Instructions to follow | Copy all lines in the data that contain the string "TableLengths".

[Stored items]

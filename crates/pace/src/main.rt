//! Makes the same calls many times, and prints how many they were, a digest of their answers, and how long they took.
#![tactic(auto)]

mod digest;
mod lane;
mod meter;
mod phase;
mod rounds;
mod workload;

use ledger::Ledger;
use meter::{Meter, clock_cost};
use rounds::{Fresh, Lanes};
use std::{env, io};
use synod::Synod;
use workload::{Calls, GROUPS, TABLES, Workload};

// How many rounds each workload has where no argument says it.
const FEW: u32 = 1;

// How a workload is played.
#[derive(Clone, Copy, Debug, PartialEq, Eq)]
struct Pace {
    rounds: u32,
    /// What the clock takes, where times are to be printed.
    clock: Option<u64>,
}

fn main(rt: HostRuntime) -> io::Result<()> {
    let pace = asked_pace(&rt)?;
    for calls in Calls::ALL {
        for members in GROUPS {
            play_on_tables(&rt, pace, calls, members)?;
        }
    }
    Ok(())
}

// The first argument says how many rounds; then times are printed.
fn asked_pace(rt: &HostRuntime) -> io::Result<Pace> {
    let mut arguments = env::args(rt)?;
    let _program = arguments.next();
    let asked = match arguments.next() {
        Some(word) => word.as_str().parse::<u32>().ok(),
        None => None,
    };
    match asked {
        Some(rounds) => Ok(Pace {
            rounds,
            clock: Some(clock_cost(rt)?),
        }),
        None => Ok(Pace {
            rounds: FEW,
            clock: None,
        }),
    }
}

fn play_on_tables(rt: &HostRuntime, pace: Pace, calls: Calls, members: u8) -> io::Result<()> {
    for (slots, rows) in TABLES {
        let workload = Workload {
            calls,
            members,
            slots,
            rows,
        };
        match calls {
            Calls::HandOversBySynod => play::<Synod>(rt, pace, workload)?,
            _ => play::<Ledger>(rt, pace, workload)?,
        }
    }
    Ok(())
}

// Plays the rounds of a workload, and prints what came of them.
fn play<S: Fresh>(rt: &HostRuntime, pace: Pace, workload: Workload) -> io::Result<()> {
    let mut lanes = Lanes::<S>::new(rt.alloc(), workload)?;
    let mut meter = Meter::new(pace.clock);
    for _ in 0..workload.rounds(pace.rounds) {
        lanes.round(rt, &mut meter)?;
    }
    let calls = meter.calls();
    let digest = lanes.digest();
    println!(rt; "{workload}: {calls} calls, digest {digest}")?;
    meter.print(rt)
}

==

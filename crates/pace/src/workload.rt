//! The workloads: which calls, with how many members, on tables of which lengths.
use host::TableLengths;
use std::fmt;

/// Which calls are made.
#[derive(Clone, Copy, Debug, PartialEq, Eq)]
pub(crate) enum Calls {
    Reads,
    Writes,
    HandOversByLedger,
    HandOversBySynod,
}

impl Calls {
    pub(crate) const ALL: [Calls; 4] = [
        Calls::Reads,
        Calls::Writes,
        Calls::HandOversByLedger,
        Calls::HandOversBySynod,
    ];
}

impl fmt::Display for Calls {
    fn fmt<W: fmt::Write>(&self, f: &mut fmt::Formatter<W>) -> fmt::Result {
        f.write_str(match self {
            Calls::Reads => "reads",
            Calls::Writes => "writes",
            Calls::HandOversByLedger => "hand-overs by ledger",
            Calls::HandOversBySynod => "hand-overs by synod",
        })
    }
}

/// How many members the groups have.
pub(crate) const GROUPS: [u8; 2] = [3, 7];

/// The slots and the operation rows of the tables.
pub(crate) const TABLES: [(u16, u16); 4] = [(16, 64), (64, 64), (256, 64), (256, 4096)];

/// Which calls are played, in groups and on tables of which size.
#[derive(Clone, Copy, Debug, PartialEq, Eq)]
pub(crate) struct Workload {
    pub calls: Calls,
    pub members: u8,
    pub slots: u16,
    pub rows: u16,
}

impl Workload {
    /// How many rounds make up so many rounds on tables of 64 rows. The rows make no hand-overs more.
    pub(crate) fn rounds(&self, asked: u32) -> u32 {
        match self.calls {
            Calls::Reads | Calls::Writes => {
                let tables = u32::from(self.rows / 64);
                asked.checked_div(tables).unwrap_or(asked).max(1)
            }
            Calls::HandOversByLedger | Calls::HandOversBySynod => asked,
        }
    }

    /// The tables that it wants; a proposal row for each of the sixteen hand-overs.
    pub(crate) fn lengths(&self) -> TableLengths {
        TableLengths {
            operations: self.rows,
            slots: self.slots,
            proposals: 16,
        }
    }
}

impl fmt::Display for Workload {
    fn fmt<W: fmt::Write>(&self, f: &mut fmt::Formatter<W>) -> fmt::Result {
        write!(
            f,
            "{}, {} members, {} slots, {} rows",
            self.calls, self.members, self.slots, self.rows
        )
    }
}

Solved exercise |
use host::TableLengths;
    pub(crate) fn lengths(&self) -> TableLengths {
        TableLengths {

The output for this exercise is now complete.